DocuClipper logo

Async processing

Every extraction job runs asynchronously. The recommended path is to register a webhook and let DocuClipper push the completed extraction to you. Polling GET /api/v1/agent/jobs/:id is supported as a fallback.

Webhooks (recommended)

Subscribe to the doctype-specific event for your job:

  • bank_statement.extraction.completed — bank statements + check images
  • invoice.extraction.completed — invoices / receipts
  • form.extraction.completed — tax forms
  • document.extraction.failed — always subscribe to catch errors

Full setup, signature verification, retries, and cleanup live on the Webhooks page.

Polling (fallback)

bash
curl -s -H "Authorization: Bearer $PAT" \
  "https://www.docuclipper.com/api/v1/agent/jobs/12345"

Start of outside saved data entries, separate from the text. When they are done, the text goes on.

//! Examples, by computation.
ghost use Rattle.std.specs.Prelude.{◌≡◌, ◌++◌, [], ◌∷◌, length, take, drop, codes, pos, negsuc, true, false};
ghost use Rattle.fb_values.specs.declared.facts.Value.TheVariants.{Keyword, Str, Bool, Long, Ref, Instant, Uuid, Symbol};
ghost use Rattle.fb_model.specs.FirstEntry.{first_entry};
ghost use Rattle.fb_numbers.specs.Numbers.{transaction_of, user_entity, tx_instant, doc};
ghost use Rattle.disk_model.specs.Journal.{log_mark, opened, JournalStands, JournalBreaks};
ghost use Rattle.tx_model.specs.Size.{entry_size};
ghost use Rattle.log_model.specs.Fields.{u32_bytes, u64_bytes, i64_bytes, truth_bytes};
ghost use Rattle.log_model.specs.Values.{value_bytes, is_format};
ghost use Rattle.log_model.specs.Payload.{entry_bytes, entry_bytes_in, payload_says, holds, breaks_at};
ghost use Rattle.log_model.specs.Storable.{is_storable_value, is_storable_datom, is_storable_in};
ghost use Rattle.log_model.specs.Log.{log_says, stands_for, bad_record, unlawful};
ghost use Rattle.log_model.specs.Samples.{hi_entry, entry_head, instant_datom, hi_datom, hi_payload, hi_log, with_byte, record_with, new_year, hi, hi_history, keyword_entry, accented_entry, symbol_entry, uri_entry};

/// The first transaction of a log: its 92 bytes, field by field.
pub fn first_payload()
    ensures bytes { length hi_log ≡ 92 }
    ensures log { hi_log ≡ log_mark ++ opened (entry_bytes hi_entry ∷ []) ++ 0 ∷ [] }
    ensures size { entry_size hi_entry.datoms ≡ 67 }
    ensures format { take 1 hi_payload ≡ 2 ∷ [] }
    ensures t { take 4 (drop 1 hi_payload) ≡ u32_bytes 1 }
    ensures instant { take 8 (drop 5 hi_payload) ≡ i64_bytes new_year }
    ensures count { take 4 (drop 13 hi_payload) ≡ u32_bytes 2 }
    ensures first_datom { instant_datom
        ≡ u64_bytes (transaction_of 1)
        ++ u64_bytes tx_instant
        ++ value_bytes (Instant new_year)
        ++ truth_bytes true }
    ensures second_datom { hi_datom
        ≡ u64_bytes (user_entity 1)
        ++ u64_bytes doc
        ++ value_bytes (Str (codes "hi"))
        ++ truth_bytes true }
    ensures older { entry_bytes_in 1 hi_entry ≡ with_byte 0 1 hi_payload }
{}

/// What payloads of other fields say: each type of value, and the older format.
pub fn payloads_with_other_fields()
    ensures written { payload_says hi_payload ≡ holds hi_entry }
    ensures older { payload_says (with_byte 0 1 hi_payload) ≡ holds hi_entry }
    ensures keyword { value_bytes (Keyword (codes "a/b")) ≡ 1 ∷ 0 ∷ 0 ∷ 0 ∷ 3 ∷ 97 ∷ 47 ∷ 98 ∷ [] }
    ensures truth { value_bytes (Bool true) ≡ 3 ∷ 1 ∷ [] }
    ensures minus_one { value_bytes (Long (negsuc 0))
        ≡ 4 ∷ 255 ∷ 255 ∷ 255 ∷ 255 ∷ 255 ∷ 255 ∷ 255 ∷ 255 ∷ [] }
    ensures least { value_bytes (Long (negsuc 9223372036854775807))
        ≡ 4 ∷ 128 ∷ 0 ∷ 0 ∷ 0 ∷ 0 ∷ 0 ∷ 0 ∷ 0 ∷ [] }
    ensures entity { value_bytes (Ref 258) ≡ 5 ∷ 0 ∷ 0 ∷ 0 ∷ 0 ∷ 0 ∷ 0 ∷ 1 ∷ 2 ∷ [] }
    ensures uuid { value_bytes (Uuid 0x000102030405060708090a0b0c0d0e0f)
        ≡ 7 ∷ 0 ∷ 1 ∷ 2 ∷ 3 ∷ 4 ∷ 5 ∷ 6 ∷ 7 ∷ 8 ∷ 9 ∷ 10 ∷ 11 ∷ 12 ∷ 13 ∷ 14 ∷ 15 ∷ [] }
    ensures symbol { payload_says (entry_bytes symbol_entry) ≡ holds symbol_entry }
    ensures uri { payload_says (entry_bytes uri_entry) ≡ holds uri_entry }
    ensures past_ascii { payload_says (entry_bytes accented_entry) ≡ holds accented_entry }
{}

/// Payloads that hold no entry, each with the byte at which the first misfit begins.
pub fn payloads_that_break()
    ensures empty { payload_says [] ≡ breaks_at 0 }
    ensures other_format { payload_says (with_byte 0 3 hi_payload) ≡ breaks_at 0 }
    ensures format_alone { payload_says (2 ∷ []) ≡ breaks_at 1 }
    ensures third_datom_wanting { payload_says (with_byte 16 3 hi_payload) ≡ breaks_at 67 }
    ensures one_datom { payload_says (with_byte 16 1 hi_payload) ≡ breaks_at 43 }
    ensures no_tag { payload_says (with_byte 33 0 hi_payload) ≡ breaks_at 33 }
    ensures past_tags { payload_says (with_byte 33 10 hi_payload) ≡ breaks_at 33 }
    ensures not_added { payload_says (with_byte 42 2 hi_payload) ≡ breaks_at 42 }
    ensures long_text { payload_says (with_byte 63 4 hi_payload) ≡ breaks_at 64 }
    ensures short_text { payload_says (with_byte 63 1 hi_payload) ≡ breaks_at 65 }
    ensures no_utf_8 { payload_says (with_byte 64 0xc3 hi_payload) ≡ breaks_at 64 }
    ensures no_keyword { payload_says (with_byte 64 58 (with_byte 59 1 hi_payload)) ≡ breaks_at 64 }
    ensures keyword { payload_says (with_byte 59 1 hi_payload) ≡ holds keyword_entry }
    ensures no_symbol { payload_says (with_byte 64 49 (with_byte 59 8 hi_payload)) ≡ breaks_at 64 }
    ensures symbol_in_the_older { payload_says (with_byte 0 1 (with_byte 59 8 hi_payload))
        ≡ breaks_at 59 }
    ensures uri_in_the_older { payload_says (with_byte 0 1 (with_byte 59 9 hi_payload))
        ≡ breaks_at 59 }
    ensures no_truth { payload_says
        (entry_head ++ instant_datom ++ take 16 hi_datom ++ 3 ∷ 2 ∷ 1 ∷ [])
        ≡ breaks_at 60 }
    ensures one_byte_short { payload_says (take 66 hi_payload) ≡ breaks_at 66 }
    ensures one_byte_long { payload_says (hi_payload ++ 0 ∷ []) ≡ breaks_at 67 }
{}

/// Which entries are storable: their numbers are within their types, their texts are UTF-8, and
/// their datoms have their t.
pub fn storable_entries()
    ensures written { is_storable_in 2 hi_entry ≡ true }
    ensures older { is_storable_in 1 hi_entry ≡ true }
    ensures no_format { is_format 3 ≡ false }
    ensures symbol { is_storable_value 2 (Symbol (codes "a")) ≡ true }
    ensures symbol_in_the_older { is_storable_value 1 (Symbol (codes "a")) ≡ false }
    ensures number_for_a_symbol { is_storable_value 2 (Symbol (codes "1")) ≡ false }
    ensures greatest { is_storable_value 2 (Long (pos 9223372036854775807)) ≡ true }
    ensures past_greatest { is_storable_value 2 (Long (pos 9223372036854775808)) ≡ false }
    ensures before_least { is_storable_value 2 (Long (negsuc 9223372036854775808)) ≡ false }
    ensures past_entities { is_storable_value 2 (Ref 18446744073709551616) ≡ false }
    ensures no_utf_8 { is_storable_value 2 (Str (0xc3 ∷ 105 ∷ [])) ≡ false }
    ensures other_t { is_storable_datom 2 2 hi ≡ false }
{}

/// Journals of a log, each with one byte changed: their first fault lies before any payload is
/// read.
pub fn bad_journals()
    ensures good { JournalStands log_mark (hi_payload ∷ []) hi_log }
    ensures mark { JournalBreaks log_mark [] (with_byte 0 0 hi_log) 0 0 }
    ensures closed { JournalStands log_mark [] (with_byte 15 0 hi_log) }
    ensures one_byte_long { JournalBreaks log_mark [] (with_byte 23 0x44 hi_log) 0 16 }
    ensures one_byte_short { JournalBreaks log_mark (take 66 hi_payload ∷ [])
        (with_byte 23 0x42 hi_log) 1 91 }
    ensures no_length { JournalBreaks log_mark [] (log_mark ++ 1 ∷ 0 ∷ []) 0 16 }
{}

/// Logs of one record that holds no entry: which record, and at which byte of the log. Tag 8 is one
/// of the newer format alone.
pub fn bad_logs()
    ensures good { log_says (record_with 24 2) ≡ stands_for hi_history }
    ensures older { log_says (record_with 24 1) ≡ stands_for hi_history }
    ensures none { log_says [] ≡ stands_for (first_entry ∷ []) }
    ensures format { log_says (record_with 24 9) ≡ bad_record 0 24 }
    ensures tag { log_says (record_with 57 0) ≡ bad_record 0 57 }
    ensures added { log_says (record_with 66 2) ≡ bad_record 0 66 }
    ensures newer_tag { log_says (with_byte 0 1 (with_byte 59 8 hi_payload) ∷ [])
        ≡ bad_record 0 83 }
    ensures second { log_says (hi_payload ∷ with_byte 0 9 hi_payload ∷ []) ≡ bad_record 1 100 }
    ensures record_before_law { log_says (with_byte 4 2 hi_payload ∷ [] ∷ []) ≡ bad_record 1 100 }
{}

/// Logs whose records hold entries, one of which breaks a law.
pub fn unlawful_logs()
    ensures t { log_says (record_with 28 2) ≡ unlawful 1 1 }
    ensures instant { log_says
        ((take 5 hi_payload ++ 0 ∷ 0 ∷ 0 ∷ 0 ∷ 0 ∷ 0 ∷ 0 ∷ 0 ∷ drop 13 hi_payload) ∷ [])
        ≡ unlawful 1 2 }
    ensures attribute { log_says (record_with 82 9) ≡ unlawful 1 3 }
    ensures retracted { log_says (record_with 90 0) ≡ unlawful 1 3 }
    ensures keyword { log_says (record_with 83 1) ≡ unlawful 1 4 }
    ensures again { log_says (hi_payload ∷ hi_payload ∷ []) ≡ unlawful 2 1 }
{}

Sample response when the job is finished:

json
{
  "id": "12345",
  "name": "sdk-demo-bank",
  "status": "Succeeded",
  "type": "ExtractData",
  "isGeneric": false,
  "isBankMode": true,
  "reviewed": false,
  "createdAt": "2026-05-26T15:27:04.682Z",
  "updatedAt": "2026-05-26T15:27:25.911Z",
  "documents": [
    { "id": "2666907", "originalname": "statement.pdf", "mimetype": "application/pdf", "numPages": 4, "isProcessed": true, "isScanned": false }
  ],
  "summary": { "totalDocuments": 1, "totalPages": 4, "transactionLineCount": 137 }
}

Job statuses

  • Pending — queued, not yet picked up by a worker
  • InProgress — worker actively processing
  • Succeeded — done; webhook fired (if subscribed) and GET /agent/jobs/:id/data is ready
  • Failed — see document.extraction.failed webhook for the error message

Why webhooks beat polling

  • No wasted requests.Most polls during the average job's ~30 second runtime return InProgress. Skip them.
  • The payload is free.The webhook body already contains the full extracted JSON — you don't need a follow-up GET /agent/jobs/:id/data call to get the result.
  • Failure handling. document.extraction.failed carries the error message inline. Polling makes you reconstruct it from the job row.